ZivotAndrewsArch

Evaluates the order of integration and stationarity of time series data using Zivot-Andrews unit root test.

Purpose: The Zivot-Andrews Arch metric is used to evaluate the order of integration for a time series data in a machine learning model. It’s designed to test for stationarity, a crucial aspect in time series analysis where data points are not dependent on time. Stationarity means that the statistical properties such as mean, variance and autocorrelation are all constant over time.

Test Mechanism: The Zivot-Andrews unit root test is performed on each feature in the dataset using the ZivotAndrews function from the arch.unitroot module. This function returns the Zivot-Andrews metric for each feature, which includes the statistical value, p-value (probability value), the number of used lags, and the number of observations. The p-value is later used to decide on the null hypothesis (the time series has a unit root and is non-stationary) based on a chosen level of significance.

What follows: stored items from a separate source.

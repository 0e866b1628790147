//! The buffers of the program.
//! The library has no buffers, since it is used over memory too.
use std::io::{BufWriter, Write};

/// The room for what is read and written at once, in bytes.
pub(crate) const ROOM: usize = 65_536;

/// Drops the bytes of the outbox's buffer at the end. After a fault they may be a part of a letter
/// that was returned, and a dropped buffer would write them.
pub(crate) fn let_go<W: Write + Drop>(writer: BufWriter<W>) {
    let _ = writer.into_parts();
}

Signs of High Risk: - A high p-value can suggest high risk. This might indicate that there’s insufficient evidence to reject the null hypothesis, which would mean the time series has a unit root and is therefore non-stationary. - Non-stationary time series data can lead to misleading statistics and unreliable machine learning models.

Strengths: - The Zivot-Andrews Arch metric dynamically tests for stationarity against structural breaks in time series data, offering robust evaluation of stationarity in features. - This metric is especially beneficial with financial, economic, or other time-series data where data observations lack a consistent pattern and structural breaks may occur.

Limitations: - The Zivot-Andrews Arch metric assumes that data is derived from a single-equation, autoregressive model. It may, therefore, not be appropriate for multivariate time series data or data which does not align with the autoregressive model assumption. - It might not take into account unexpected shocks or changes in the series trend which can both have a significant impact on the stationarity of the data.